6. Limitations, Insights, and Extensions

Key Insights:

• Low-cost, data-free similarity metrics (cosine, functional probe-based) are effective in grouping and merging compatible modules in adapter or expert-based systems (Shenaj et al., 15 Oct 2025).
• Running-average and history-aware merging ensures unbiased, order-independent aggregation.
• Contextual bandit frameworks bring strong theoretical guarantees (low regret) to operator selection, allowing scalable adaptation in the face of unseen models and operators (Bolton et al., 14 Jan 2026).
• Merging gradients/deltas online provides continual regularization or capability retention, as opposed to static, offline model interpolation (Lu et al., 2024).
• Optimal transport frameworks (unbalanced OT) enable model alignment in non-i.i.d. streaming settings, improving both merging and topic discovery (Granese et al., 10 Apr 2025).

Limitations:

• Most online merging optimizers are focused on a specific type of adapter or module (e.g., LoRA) and require retraining or extension to other adaptation or parameter-efficient techniques (Shenaj et al., 15 Oct 2025).
• Selection thresholds in similarity-based merging frameworks are set on small held-out pools, making them susceptible to domain shift; richer, adaptive similarity functions are suggested as a future direction.
• Some frameworks (e.g., Tanbr, SimMerge) may incur scalability bottlenecks in the LP step or candidate enumeration for very large $K$; hierarchical or heuristic candidate generation can mitigate overhead (Han et al., 24 Sep 2025, Bolton et al., 14 Jan 2026).
• RLHF online merging requires careful hyperparameter selection ($\alpha$, sparsity $p$), with ablations showing sensitivity to these values (Lu et al., 2024).
• Some methods assume short-horizon stationarity, and coarse, sign-based updates may converge slowly when feedback is extremely sparse (Wang et al., 2022).

Possible Extensions:

• Extending merging functions to learned non-linear gates or residuals, beyond affine/average merges.
• Application to multimodal or cross-domain adapter types (prefix tuning, attention bias), or to non-NLP settings (vision, robotics, control).
• Auto-adaptive similarity or merge thresholding via budget-aware RL or unsupervised exploration.
• Generalizing online merging frameworks (e.g., SimMerge, Tanbr) to other structured action spaces, resource-constrained applications, or as meta-optimizers tracking families of base learners.

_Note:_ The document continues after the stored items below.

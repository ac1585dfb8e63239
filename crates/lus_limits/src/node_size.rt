//! The greatest size of the terms of a node's system.

ghost use Rattle.std.specs.Prelude.{◌≡◌, length, map};
ghost use Rattle.lus_tree.specs.View.{item_view};
ghost use Rattle.lus_limits.specs.Calls.{call_view};
ghost use Rattle.lus_limits.specs.Contracted.{contract_seen, summary_seen};
ghost use Rattle.lus_limits.specs.Measured.{modes_view, size_view};
ghost use Rattle.lus_limits.specs.Needed.{sizes_at};
ghost use Rattle.lus_limits.specs.Nodes.{node_terms, owed_at, owed_term, owed_terms, property_term, property_terms};
ghost use Rattle.lus_limits.specs.SizeCuts.{cut_term};
ghost use Rattle.lus_streams.specs.Names.{names_view};

use crate::calls::{Call, Way};
use crate::contract_size::{ContractSize, SizeSummary};
use crate::measuring::{Scope, measure};
use crate::needs::{Needs, needs_at, place};
use crate::term_size::{Size, cut, greater, leaf, no_size, one, two};
use lus_streams::names::Names;
use lus_tree::Item;
use name_table::NameTable;

/// Of an item, where it is a property.
fn property_term<'a>(scope: &Scope<'a, '_>, item: &'a Item) -> Size
    ensures { size_view result ≡ cut_term (property_term (names_view scope.now.names)
        (modes_view scope.now.modes.now) (item_view item.now)) }
{
    match item {
        Item::Property(named) => measure(scope, &named.value).size,
        Item::Equation(_, _) | Item::Assert(_) | Item::Main(_) => no_size(),
    }
}

/// The greatest of the properties of a body.
#[tactic(auto, using(crate::proofs::Greatest::greatest_on, crate::proofs::Greatest::greatest_cut, crate::proofs::Greatest::greatest_end))]
fn property_terms<'a>(scope: &Scope<'a, '_>, items: &'a [Item]) -> Size
    ensures { size_view result ≡ cut_term (property_terms (names_view scope.now.names)
        (modes_view scope.now.modes.now) (map item_view items.now)) }
{
    let mut size = no_size();
    for item in items {
        size = greater(size, property_term(scope, item));
    }
    size
}

/// What is owed to a callee with that contract: its assumptions, where its beat is on.
fn owed_at(way: Way, contract: &ContractSize) -> Size
    ensures { size_view result ≡ cut_term (owed_at way (contract_seen contract.now)) }
{
    if contract.assumed.is_none {
        return no_size();
    }
    match way {
        Way::Import => no_size(),
        Way::Plain | Way::Condition => one(two(leaf(), one(contract.assumes))),
    }
}

/// What is owed to a call's callee.
fn owed_term(names: &NameTable, known: &[Option<Needs>], call: &Call<'_>) -> Size
    requires known { length known.now ≡ length names.now }
    ensures { size_view result ≡ cut_term (owed_term names.now known.now (call_view call.now)) }
{
    let Some(number) = place(names, known, &call.callee.text) else {
        return no_size();
    };
    match needs_at(known, number) {
        Some(needs) => owed_at(call.way, &needs.sizes.contract),
        None => no_size(),
    }
}

/// The greatest of what is owed to callees.
#[tactic(auto, using(crate::proofs::Greatest::greatest_on, crate::proofs::Greatest::greatest_cut, crate::proofs::Greatest::greatest_end))]
fn owed_terms(names: &NameTable, known: &[Option<Needs>], calls: &[Call<'_>]) -> Size
    requires known { length known.now ≡ length names.now }
    ensures { size_view result ≡ cut_term (owed_terms names.now known.now (map call_view calls.now)) }
{
    let mut size = no_size();
    for call in calls {
        size = greater(size, owed_term(names, known, call));
    }
    size
}

/// The greatest of the terms of a node's system, cut, by its own sizes and what is known of those it calls.
pub(crate) fn node_terms<'a>(
    names: Names<'a, '_>,
    numbers: &NameTable,
    known: &[Option<Needs>],
    calls: &[Call<'a>],
    sizes: &SizeSummary,
) -> Size
    requires known { length known.now ≡ length numbers.now }
    ensures { size_view result ≡ cut_term (node_terms numbers.now known.now (map call_view calls.now)
        (names_view names.entry) (summary_seen sizes.now)) }
{
    let contract = &sizes.contract;
    let scope = Scope {
        names,
        modes: &contract.modes,
    };
    let properties = property_terms(&scope, names.owner.body());
    let owed = owed_terms(numbers, known, calls);
    let promised = greater(contract.promises, greater(contract.active.whole, owed));
    cut(greater(
        sizes.called,
        greater(contract.assumes, greater(properties, promised)),
    ))
}
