//! The frames of the traces of programs that follow the rules, by the definitions alone. It has no code but this law.
#![tactic(auto)]

pub mod laws;
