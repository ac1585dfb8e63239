//! The calls of expressions.

ghost use Rattle.std.specs.Prelude.{◌≡◌, ◌++◌, ◌∷◌, [], IfOk, map, flat_map};
ghost use Rattle.lus_tree.specs.View.{contract_item_view, expr_view, exprs_view, joined, word_view};
ghost use Rattle.lus_limits.specs.Calls.{call_view, calls_among, calls_in, condition_call, found_calls, import_call, with_defaults};
ghost use Rattle.lus_streams.specs.Owner.{owner_view};
ghost use Rattle.lus_limits.specs.Parts.{sides_view};

use crate::texts::sides_of;
use lus_streams::owner::Owner;
use lus_tree::{ContractItem, Expr, Form, PlacedName};
use std::alloc::{AllocError, Global};

/// How a call runs: on its clock, where besides a condition is true, or as an import.
#[derive(Clone, Copy)]
pub enum Way {
    Plain,
    Condition,
    Import,
}

/// A call or an import: its number, what it names, how it runs, and how many defaults it has.
#[derive(Clone, Copy)]
pub struct Call<'a> {
    pub number: u32,
    pub callee: &'a PlacedName,
    pub way: Way,
    pub defaults: usize,
}

/// The calls, and behind them one under a condition, with so many defaults.
fn push_counted<'a>(
    calls: &mut Vec<Call<'a>>,
    number: u32,
    callee: &'a PlacedName,
    defaults: usize,
) -> Result<(), AllocError>
    ensures { IfOk result (λ _. map call_view calls.new.items ≡ map call_view calls.old.items
        ++ with_defaults number (word_view callee.now) defaults ∷ []) }
{
    calls.push(Call {
        number,
        callee,
        way: Way::Condition,
        defaults,
    })?;
    Ok(())
}

/// The calls, and behind them one under a condition.
fn push_condition<'a>(
    calls: &mut Vec<Call<'a>>,
    number: u32,
    callee: &'a PlacedName,
    defaults: &[Expr],
) -> Result<(), AllocError>
    ensures { IfOk result (λ _. map call_view calls.new.items ≡ map call_view calls.old.items
        ++ condition_call number (word_view callee.now) (joined (exprs_view defaults.now)) ∷ []) }
{
    push_counted(calls, number, callee, defaults.len())?;
    Ok(())
}

/// The calls, and behind them those of an expression.
#[cycle(calls)]
#[tactic(auto, using(lus_tree::proofs::Views::form_views))]
fn push_calls<'a>(calls: &mut Vec<Call<'a>>, e: &'a Expr) -> Result<(), AllocError>
    ensures { IfOk result (λ _. map call_view calls.new.items ≡ map call_view calls.old.items
        ++ calls_in (expr_view e.now)) }
{
    match &e.form {
        Form::Not(a) | Form::Minus(a) | Form::Pre(_, a) | Form::When(a, _, _) => {
            push_calls(calls, a)
        }
        Form::Arrow(_, a, b) | Form::Binary(_, a, b) | Form::Merge(_, a, b) => {
            push_calls_of_two(calls, a, b)
        }
        Form::If(a, b, c) => push_calls_of_three(calls, a, b, c),
        Form::Call(number, callee, arguments) => {
            calls.push(Call {
                number: *number,
                callee,
                way: Way::Plain,
                defaults: 0,
            })?;
            push_calls_among(calls, arguments)
        }
        Form::Condact(number, a, callee, arguments, defaults) => {
            push_condition(calls, *number, callee, defaults)?;
            push_calls(calls, a)?;
            push_calls_among(calls, arguments)?;
            push_calls_among(calls, defaults)
        }
        Form::Truth(_) | Form::Number(_) | Form::Name(_) | Form::ModeName(_, _) => Ok(()),
    }
}

/// The calls, and behind them those of two expressions.
#[cycle(calls)]
fn push_calls_of_two<'a>(
    calls: &mut Vec<Call<'a>>,
    first: &'a Expr,
    second: &'a Expr,
) -> Result<(), AllocError>
    ensures { IfOk result (λ _. map call_view calls.new.items ≡ map call_view calls.old.items
        ++ (calls_in (expr_view first.now) ++ calls_in (expr_view second.now))) }
{
    push_calls(calls, first)?;
    push_calls(calls, second)
}

/// The calls, and behind them those of three expressions.
#[cycle(calls)]
fn push_calls_of_three<'a>(
    calls: &mut Vec<Call<'a>>,
    first: &'a Expr,
    second: &'a Expr,
    third: &'a Expr,
) -> Result<(), AllocError>
    ensures { IfOk result (λ _. map call_view calls.new.items ≡ map call_view calls.old.items
        ++ (calls_in (expr_view first.now) ++ (calls_in (expr_view second.now) ++ calls_in (expr_view third.now)))) }
{
    push_calls(calls, first)?;
    push_calls_of_two(calls, second, third)
}

/// The calls, and behind them those of these expressions.
#[cycle(calls)]
fn push_calls_among<'a>(calls: &mut Vec<Call<'a>>, values: &'a [Expr]) -> Result<(), AllocError>
    ensures { IfOk result (λ _. map call_view calls.new.items ≡ map call_view calls.old.items
        ++ calls_among (joined (exprs_view values.now))) }
{
    for value in values {
        push_calls(calls, value)?;
    }
    Ok(())
}

/// The calls, and behind them those of a declaration's expressions.
fn push_calls_of_sides<'a>(calls: &mut Vec<Call<'a>>, sides: &[&'a Expr]) -> Result<(), AllocError>
    ensures { IfOk result (λ _. map call_view calls.new.items ≡ map call_view calls.old.items
        ++ flat_map calls_in (sides_view sides.now)) }
{
    for side in sides {
        push_calls(calls, *side)?;
    }
    Ok(())
}

/// The calls, and behind them an import.
fn push_import<'a>(calls: &mut Vec<Call<'a>>, item: &'a ContractItem) -> Result<(), AllocError>
    ensures { IfOk result (λ _. map call_view calls.new.items ≡ map call_view calls.old.items
        ++ import_call (contract_item_view item.now)) }
{
    match item {
        ContractItem::Import(number, callee, _, _) => {
            calls.push(Call {
                number: *number,
                callee,
                way: Way::Import,
                defaults: 0,
            })?;
            Ok(())
        }
        ContractItem::Assume(_)
        | ContractItem::Guarantee(_)
        | ContractItem::Ghost(_, _)
        | ContractItem::Constant(_)
        | ContractItem::Mode(_, _, _) => Ok(()),
    }
}

/// The calls, and behind them the imports of a contract.
fn push_imports<'a>(calls: &mut Vec<Call<'a>>, items: &'a [ContractItem]) -> Result<(), AllocError>
    ensures { IfOk result (λ _. map call_view calls.new.items ≡ map call_view calls.old.items
        ++ flat_map import_call (map contract_item_view items.now)) }
{
    for item in items {
        push_import(calls, item)?;
    }
    Ok(())
}

/// The calls and imports of a declaration.
///
/// # Errors
///
/// Want of memory.
pub(crate) fn found_calls(alloc: Global, part: Owner<'_>) -> Result<Vec<Call<'_>>, AllocError>
    ensures { IfOk result (λ v. map call_view v.items ≡ found_calls (owner_view part.entry)) }
{
    let sides = sides_of(alloc, part)?;
    let mut calls = Vec::new(alloc);
    push_calls_of_sides(&mut calls, &sides)?;
    push_imports(&mut calls, part.contract())?;
    Ok(calls)
}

7. Theoretical Analyses and Guarantees

Many online merging frameworks provide formal regret or optimality guarantees:

• Tanbr (MoE expert merging): Achieves sublinear regret $O(\tilde{d}\sqrt{T}\log T)$, where $\tilde{d}$ depends on the Cholesky rank of the neural tangent kernel Gram matrix, matching existing bandit methods despite operating in a continuous, high-dimensional simplex (Han et al., 24 Sep 2025).
• SimMerge: Neural-linear contextual bandits guarantee regret within a small factor of the oracle; warm-starting with full-information logs further reduces online regret (Bolton et al., 14 Jan 2026).
• Meta-algorithm for online optimizer amalgamation: For any base expert $i$, the master has $O(\sqrt{\ln K})$ overhead in regret (full info) or $O(\sqrt{K})$ overhead (bandit), plus the expert’s own problem-dependent bound, providing instance-optimal adaptation (Masoudian et al., 2019).
• StreamETM: Change-point detection on the time series of merged topics achieves AUC $\approx 0.9$, validating robust and timely topic adaptation. Merging and discovery metrics are formally evaluated against ablations (Granese et al., 10 Apr 2025).

The mix of empirically robust, theoretically principled, and computationally efficient designs across the surveyed online merging optimizers points to a rapidly maturing area, directly addressing the increasing need for adaptive, low-overhead, real-time model composition in large-scale, continually evolving systems.